━━━ Entries shown ━━━

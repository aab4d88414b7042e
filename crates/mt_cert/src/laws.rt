//! Laws: the certificate of a finished job adds up, and its text is accepted.
ghost use Rattle.std.specs.Prelude.{List, ℕ};
ghost use Rattle.mt_model.specs.Types.{Body};
ghost use Rattle.mt_cert.specs.Accepting.{CertifyIsAccepted, CertifyIsWritten};
ghost use Rattle.mt_cert.specs.Certifying.{CertifyAddsUp, sum_of_body, sum_of_bytes};

/// The certificate of a job that is sound and complete adds up: its listed tasks, taken as true, make its outputs. It holds of
/// a job over references as over the bytes themselves.
pub fn certify_adds_up()
    ensures references { CertifyAddsUp Body sum_of_body }
    ensures bytes { CertifyAddsUp (List ℕ) sum_of_bytes }
{}

/// The parts of each line of the certificate of a lawful job are what they are to be, so that each is read again from its text.
pub fn certify_is_written()
    ensures references { CertifyIsWritten Body sum_of_body }
    ensures bytes { CertifyIsWritten (List ℕ) sum_of_bytes }
{}

/// The text of the certificate of a lawful, complete job is accepted, where its lines are within the limits of certificates.
pub fn certify_is_accepted()
    ensures references { CertifyIsAccepted Body sum_of_body }
    ensures bytes { CertifyIsAccepted (List ℕ) sum_of_bytes }
{}
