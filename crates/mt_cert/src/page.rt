//! A page of lines, which goes to a sink when it is full.
ghost use Rattle.std.specs.Prelude.{true, ◌≡◌, [], ◌∷◌, ℕ, List, OnOk, length, nat_lt};
ghost use Rattle.mt_certline.specs.Written.{IsShowable};
ghost use Rattle.mt_checker.specs.declared.limits.TheConstants.{LONGEST_LINE};
ghost use Rattle.mt_cert.specs.Putting.{HasLine, PutsTo, out_at};

use mt_base::Text;
use mt_certline::{Line, line_text};
use mt_checker::LONGEST_LINE;
use mt_edge::{Sink, SinkFault, write_all};
use std::alloc::{AllocError, Global};

/// The bytes of a full page.
const PAGE: usize = 65_536;

/// Why lines were not put.
#[derive(Clone, Copy)]
pub(crate) enum Halt {
    /// The sink has failed.
    SinkFault,
    /// Out of memory.
    Memory,
}

/// The lines that have not gone to a sink yet.
#[derive(Drop)]
pub(crate) struct Page {
    /// Their text.
    pub text: Vec<u8>,
    /// Whether each line so far is within the limit of lines.
    pub short: bool,
    /// The number of lines so far.
    pub lines: u64,
}

/// A page without lines.
pub(crate) fn no_lines(alloc: Global) -> Page
    ensures text { result.text.items ≡ [] }
    ensures short { result.short ≡ true }
    ensures lines { result.lines ≡ 0 }
{
    Page {
        text: Vec::new(alloc),
        short: true,
        lines: 0,
    }
}

// Whether a line is within the limit.
fn is_short(text: &Text) -> bool
    ensures { result ≡ nat_lt (length text.now) LONGEST_LINE }
{
    (text.len() as u64) < LONGEST_LINE
}

// Adds a line to a page. On an error, which is want of memory, the page may hold anything.
fn add_line(alloc: Global, login: &str, line: &Line, page: &mut Page) -> Result<(), AllocError>
    requires { IsShowable line.now }
    ensures { OnOk result (HasLine login.now line.now page.old page.new) }
{
    let text = line_text(alloc, login, line)?;
    let Some(lines) = page.lines.checked_add(1) else {
        return Err(AllocError);
    };
    page.text.extend_from_slice(text.as_bytes())?;
    page.text.push(b'\n')?;
    if !is_short(&text) {
        page.short = false;
    }
    page.lines = lines;
    Ok(())
}

/// Sends what stands in a page.
pub(crate) fn send<K: Sink>(page: &mut Page, sink: &mut K) -> Result<(), Halt>
    ensures sends { (login : List ℕ) → PutsTo login [] result (out_at page.old (K.got sink.old) (K.write_faults sink.old)) (out_at page.new (K.got sink.new) (K.write_faults sink.new)) }
    ensures empty { OnOk result (page.new.text.items ≡ []) }
    ensures stays { K.sink_stays sink.old sink.new }
{
    match write_all(sink, &page.text) {
        Ok(()) => {
            page.text.clear();
            Ok(())
        }
        Err(SinkFault) => Err(Halt::SinkFault),
    }
}

/// Puts a line into a page, and the page into a sink where it is full.
pub(crate) fn put_line<K: Sink>(
    alloc: Global,
    login: &str,
    line: &Line,
    page: &mut Page,
    sink: &mut K,
) -> Result<(), Halt>
    requires { IsShowable line.now }
    ensures puts { PutsTo login.now (line.now ∷ []) result (out_at page.old (K.got sink.old) (K.write_faults sink.old)) (out_at page.new (K.got sink.new) (K.write_faults sink.new)) }
    ensures stays { K.sink_stays sink.old sink.new }
{
    if add_line(alloc, login, line, page).is_err() {
        return Err(Halt::Memory);
    }
    if page.text.len() < PAGE {
        return Ok(());
    }
    send(page, sink)
}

━━━

Task.
Filter the data above by the word "Halt" and copy every line that matches.

Answer area.
pub(crate) enum Halt {
pub(crate) fn send<K: Sink>(page: &mut Page, sink: &mut K) -> Result<(), Halt>
        Err(SinkFault) => Err(Halt::SinkFault),
) -> Result<(), Halt>
        return Err(Halt::Memory);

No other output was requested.